# PROBLEM STATEMENT
An exact copy of all entries is required.

^^^^^^^^

//! The read-only context of node runs: an environment, its tables, a checked program for each port and each ring, and the pattern of refused calls.
ghost use Rattle.std.specs.Prelude.{◌≡◌, ◌+◌, ◌<◌, ◌≤◌, [], drop, length, slice_get, option_and_then, take, Some, IfErr, OnOk};
ghost use Rattle.std.specs.List.{AllByRecursion};
ghost use Rattle.dp_check.specs.Faults.{IsChecked};
ghost use Rattle.dp_lang.specs.Programs.{IsProgram};
ghost use Rattle.dp_model.specs.Safety.{IsPipeline, KeepsSafe};
ghost use Rattle.dp_model.specs.Meaning.{TablesFit};
ghost use Rattle.dp_model.specs.Prefixes.{hop_for};
ghost use Rattle.dp_lpm.specs.Changes.{AddsRoute, DeletesRoute};
ghost use Rattle.dp_lpm.specs.Faults.{add_fault, delete_fault};
ghost use Rattle.dp_lpm.specs.Routes.{RouteTable};
ghost use Rattle.dp_engine.specs.Rerouting.{RefusesRoute, IsRetabled};
ghost use Rattle.dp_engine.specs.Schemes.{scheme_of, programs_of, AreNodes};
ghost use Rattle.dp_engine.specs.Steps.{setting_in};

use crate::compiled_programs::CompiledPrograms;
use crate::node::Node;
use crate::rerouting::RouteFault;
use crate::setting::Setting;
use arrayvec::ArrayVec;
use dp_check::Checked;
use dp_lpm::{Lpm, Tables};
use dp_model::{Env, pipelines_keep_safe};
use std::alloc::Global;
use std::marker::Model;

// The programs of the ports or of the rings.
type Programs<K> = ArrayVec<Node<K>, 8, Global>;

/// The read-only context of node runs.
#[derive(Drop)]
pub(crate) struct Context<K: CompiledPrograms> {
    setting: Setting,
    ports: Programs<K>,
    rings: Programs<K>,
}

impl<K: CompiledPrograms> Model for Context<K> {
    ghost use Rattle.dp_engine.specs.Schemes.{Scheme, scheme_in, IsScheme};

    ghost Value = { Scheme };

    ghost view = { λ p. scheme_in p.setting.env p.setting.tables p.ports.items p.rings.items p.setting.pattern };

    ghost invariant = { λ p. IsScheme (scheme_in p.setting.env p.setting.tables p.ports.items p.rings.items p.setting.pattern) };
}

// Splits the programs into those of the ports, which come first, and those of the rings.
fn parted<K: CompiledPrograms>(nodes: Vec<Checked>, ports: usize) -> (Programs<K>, Programs<K>)
    requires ports { ports ≤ 8 }
    requires rings { length nodes.items ≤ ports + 8 }
    ensures ports { result.0.items ≡ take ports (programs_of nodes.items) }
    ensures rings { result.1.items ≡ drop ports (programs_of nodes.items) }
    ensures checked { AllByRecursion IsChecked nodes.items }
{
    let alloc = *nodes.allocator();
    let mut of_ports = ArrayVec::new_in(alloc);
    let mut of_rings = ArrayVec::new_in(alloc);
    for node in nodes {
        let program = Node::new(node.into_program().into_instrs());
        if of_ports.len() < ports {
            of_ports.push(program);
        } else {
            of_rings.push(program);
        }
    }
    (of_ports, of_rings)
}

impl<K: CompiledPrograms> Context<K> {
    // A context in which no call is refused.
    pub(crate) fn new(env: &Env, tables: Vec<Lpm>, nodes: Vec<Checked>) -> Context<K>
        requires tables { length tables.items ≡ env.now.tables }
        requires nodes { AreNodes env.now nodes.items }
        ensures context { result ≡ scheme_of env.now tables.items nodes.items [] }
        ensures pipeline { IsPipeline result.setting result.nodes }
        ensures tables { TablesFit result.setting }
    {
        let env = env.copy();
        let pattern = Vec::new(*nodes.allocator());
        let (ports, rings) = parted(nodes, env.ports().len());
        let setting = Setting {
            env,
            tables: Tables::of(tables),
            pattern,
        };
        Context {
            setting,
            ports,
            rings,
        }
    }

    // Sets the pattern of calls to refuse.
    pub(crate) fn refuse(&mut self, pattern: Vec<u64>)
        ensures { self.new ≡ record self.old { setting = record self.old.setting { pattern = pattern.items } } }
    {
        self.setting.pattern = pattern;
    }

    // The setting of node runs. The contract of this call says what holds of every context.
    #[inline(always)]
    pub(crate) fn setting(&self) -> &Setting
        ensures same { setting_in result.now ≡ self.now.setting }
        ensures pipeline { IsPipeline self.now.setting self.now.nodes }
        ensures safe { KeepsSafe self.now.setting self.now.nodes }
        ensures tables { TablesFit self.now.setting }
    {
        pipelines_keep_safe();
        &self.setting
    }

    // The environment.
    pub(crate) fn env(&self) -> &Env
        ensures same { result.now ≡ self.now.setting.env }
    {
        self.setting.env()
    }

    // The pattern: the numbers of the calls to refuse.
    pub(crate) fn pattern(&self) -> &[u64]
        ensures { result.now ≡ self.now.setting.pattern }
    {
        self.setting.pattern()
    }

    // The program of a port.
    pub(crate) fn port_program(&self, port: u8) -> &Node<K>
        requires { port < length self.now.setting.env.ports }
        ensures same { slice_get self.now.nodes.ports port ≡ Some result.now }
        ensures program { IsProgram result.now }
    {
        &self.ports[usize::from(port)]
    }

    // The program of a ring.
    pub(crate) fn ring_program(&self, ring: u8) -> &Node<K>
        requires { ring < length self.now.setting.env.rings }
        ensures same { slice_get self.now.nodes.rings ring ≡ Some result.now }
        ensures program { IsProgram result.now }
    {
        &self.rings[usize::from(ring)]
    }

    // Adds a route to a table.
    pub(crate) fn add_route(
        &mut self,
        table: u8,
        ip: u32,
        depth: u8,
        hop: u32,
    ) -> Result<(), RouteFault>
        ensures kept { IsRetabled self.old self.new }
        ensures ok { OnOk result (AddsRoute table ip depth hop self.old.tables self.new.tables) }
        ensures err { IfErr result (λ why. RefusesRoute (λ t. add_fault t ip depth hop) table self.old.tables why × (self.new ≡ self.old)) }
    {
        if usize::from(table) >= self.setting.tables().count() {
            return Err(RouteFault::NoTable);
        }
        match self.setting.add_route(table, ip, depth, hop) {
            Ok(()) => Ok(()),
            Err(error) => Err(RouteFault::Refused(error)),
        }
    }

    // Deletes a route of a table.
    pub(crate) fn delete_route(&mut self, table: u8, ip: u32, depth: u8) -> Result<(), RouteFault>
        ensures kept { IsRetabled self.old self.new }
        ensures ok { OnOk result (DeletesRoute table ip depth self.old.tables self.new.tables) }
        ensures err { IfErr result (λ why. RefusesRoute (λ t. delete_fault t ip depth) table self.old.tables why × (self.new ≡ self.old)) }
    {
        if usize::from(table) >= self.setting.tables().count() {
            return Err(RouteFault::NoTable);
        }
        match self.setting.delete_route(table, ip, depth) {
            Ok(()) => Ok(()),
            Err(error) => Err(RouteFault::Refused(error)),
        }
    }

    // The hop of a table for an address, if the table exists.
    pub(crate) fn route(&self, table: u8, ip: u32) -> Option<u32>
        ensures { result ≡ option_and_then (λ (t : RouteTable). hop_for t.routes ip) (slice_get self.now.tables table) }
    {
        if usize::from(table) >= self.setting.tables().count() {
            return None;
        }
        self.setting.tables().lookup(table, ip)
    }
}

^^^^^^^^

# EXERCISE RESPONSE
//! The read-only context of node runs: an environment, its tables, a checked program for each port and each ring, and the pattern of refused calls.
ghost use Rattle.std.specs.Prelude.{◌≡◌, ◌+◌, ◌<◌, ◌≤◌, [], drop, length, slice_get, option_and_then, take, Some, IfErr, OnOk};
ghost use Rattle.std.specs.List.{AllByRecursion};
ghost use Rattle.dp_check.specs.Faults.{IsChecked};
ghost use Rattle.dp_lang.specs.Programs.{IsProgram};
ghost use Rattle.dp_model.specs.Safety.{IsPipeline, KeepsSafe};
ghost use Rattle.dp_model.specs.Meaning.{TablesFit};
ghost use Rattle.dp_model.specs.Prefixes.{hop_for};
ghost use Rattle.dp_lpm.specs.Changes.{AddsRoute, DeletesRoute};
ghost use Rattle.dp_lpm.specs.Faults.{add_fault, delete_fault};
ghost use Rattle.dp_lpm.specs.Routes.{RouteTable};
ghost use Rattle.dp_engine.specs.Rerouting.{RefusesRoute, IsRetabled};
ghost use Rattle.dp_engine.specs.Schemes.{scheme_of, programs_of, AreNodes};
ghost use Rattle.dp_engine.specs.Steps.{setting_in};

use crate::compiled_programs::CompiledPrograms;
use crate::node::Node;
use crate::rerouting::RouteFault;
use crate::setting::Setting;
use arrayvec::ArrayVec;
use dp_check::Checked;
use dp_lpm::{Lpm, Tables};
use dp_model::{Env, pipelines_keep_safe};
use std::alloc::Global;
use std::marker::Model;

// The programs of the ports or of the rings.
type Programs<K> = ArrayVec<Node<K>, 8, Global>;

/// The read-only context of node runs.
#[derive(Drop)]
pub(crate) struct Context<K: CompiledPrograms> {
    setting: Setting,
    ports: Programs<K>,
    rings: Programs<K>,
}

impl<K: CompiledPrograms> Model for Context<K> {
    ghost use Rattle.dp_engine.specs.Schemes.{Scheme, scheme_in, IsScheme};

    ghost Value = { Scheme };

    ghost view = { λ p. scheme_in p.setting.env p.setting.tables p.ports.items p.rings.items p.setting.pattern };

    ghost invariant = { λ p. IsScheme (scheme_in p.setting.env p.setting.tables p.ports.items p.rings.items p.setting.pattern) };
}

// Splits the programs into those of the ports, which come first, and those of the rings.
fn parted<K: CompiledPrograms>(nodes: Vec<Checked>, ports: usize) -> (Programs<K>, Programs<K>)
    requires ports { ports ≤ 8 }
    requires rings { length nodes.items ≤ ports + 8 }
    ensures ports { result.0.items ≡ take ports (programs_of nodes.items) }
    ensures rings { result.1.items ≡ drop ports (programs_of nodes.items) }
    ensures checked { AllByRecursion IsChecked nodes.items }
{
    let alloc = *nodes.allocator();
    let mut of_ports = ArrayVec::new_in(alloc);
    let mut of_rings = ArrayVec::new_in(alloc);
    for node in nodes {
        let program = Node::new(node.into_program().into_instrs());
        if of_ports.len() < ports {
            of_ports.push(program);
        } else {
            of_rings.push(program);
        }
    }
    (of_ports, of_rings)
}

impl<K: CompiledPrograms> Context<K> {
    // A context in which no call is refused.
    pub(crate) fn new(env: &Env, tables: Vec<Lpm>, nodes: Vec<Checked>) -> Context<K>
        requires tables { length tables.items ≡ env.now.tables }
        requires nodes { AreNodes env.now nodes.items }
        ensures context { result ≡ scheme_of env.now tables.items nodes.items [] }
        ensures pipeline { IsPipeline result.setting result.nodes }
        ensures tables { TablesFit result.setting }
    {
        let env = env.copy();
        let pattern = Vec::new(*nodes.allocator());
        let (ports, rings) = parted(nodes, env.ports().len());
        let setting = Setting {
            env,
            tables: Tables::of(tables),
            pattern,
        };
        Context {
            setting,
            ports,
            rings,
        }
    }

    // Sets the pattern of calls to refuse.
    pub(crate) fn refuse(&mut self, pattern: Vec<u64>)
        ensures { self.new ≡ record self.old { setting = record self.old.setting { pattern = pattern.items } } }
    {
        self.setting.pattern = pattern;
    }

    // The setting of node runs. The contract of this call says what holds of every context.
    #[inline(always)]
    pub(crate) fn setting(&self) -> &Setting
        ensures same { setting_in result.now ≡ self.now.setting }
        ensures pipeline { IsPipeline self.now.setting self.now.nodes }
        ensures safe { KeepsSafe self.now.setting self.now.nodes }
        ensures tables { TablesFit self.now.setting }
    {
        pipelines_keep_safe();
        &self.setting
    }

    // The environment.
    pub(crate) fn env(&self) -> &Env
        ensures same { result.now ≡ self.now.setting.env }
    {
        self.setting.env()
    }

    // The pattern: the numbers of the calls to refuse.
    pub(crate) fn pattern(&self) -> &[u64]
        ensures { result.now ≡ self.now.setting.pattern }
    {
        self.setting.pattern()
    }

    // The program of a port.
    pub(crate) fn port_program(&self, port: u8) -> &Node<K>
        requires { port < length self.now.setting.env.ports }
        ensures same { slice_get self.now.nodes.ports port ≡ Some result.now }
        ensures program { IsProgram result.now }
    {
        &self.ports[usize::from(port)]
    }

    // The program of a ring.
    pub(crate) fn ring_program(&self, ring: u8) -> &Node<K>
        requires { ring < length self.now.setting.env.rings }
        ensures same { slice_get self.now.nodes.rings ring ≡ Some result.now }
        ensures program { IsProgram result.now }
    {
        &self.rings[usize::from(ring)]
    }

    // Adds a route to a table.
    pub(crate) fn add_route(
        &mut self,
        table: u8,
        ip: u32,
        depth: u8,
        hop: u32,
    ) -> Result<(), RouteFault>
        ensures kept { IsRetabled self.old self.new }
        ensures ok { OnOk result (AddsRoute table ip depth hop self.old.tables self.new.tables) }
        ensures err { IfErr result (λ why. RefusesRoute (λ t. add_fault t ip depth hop) table self.old.tables why × (self.new ≡ self.old)) }
    {
        if usize::from(table) >= self.setting.tables().count() {
            return Err(RouteFault::NoTable);
        }
        match self.setting.add_route(table, ip, depth, hop) {
            Ok(()) => Ok(()),
            Err(error) => Err(RouteFault::Refused(error)),
        }
    }

    // Deletes a route of a table.
    pub(crate) fn delete_route(&mut self, table: u8, ip: u32, depth: u8) -> Result<(), RouteFault>
        ensures kept { IsRetabled self.old self.new }
        ensures ok { OnOk result (DeletesRoute table ip depth self.old.tables self.new.tables) }
        ensures err { IfErr result (λ why. RefusesRoute (λ t. delete_fault t ip depth) table self.old.tables why × (self.new ≡ self.old)) }
    {
        if usize::from(table) >= self.setting.tables().count() {
            return Err(RouteFault::NoTable);
        }
        match self.setting.delete_route(table, ip, depth) {
            Ok(()) => Ok(()),
            Err(error) => Err(RouteFault::Refused(error)),
        }
    }

    // The hop of a table for an address, if the table exists.
    pub(crate) fn route(&self, table: u8, ip: u32) -> Option<u32>
        ensures { result ≡ option_and_then (λ (t : RouteTable). hop_for t.routes ip) (slice_get self.now.tables table) }
    {
        if usize::from(table) >= self.setting.tables().count() {
            return None;
        }
        self.setting.tables().lookup(table, ip)
    }
}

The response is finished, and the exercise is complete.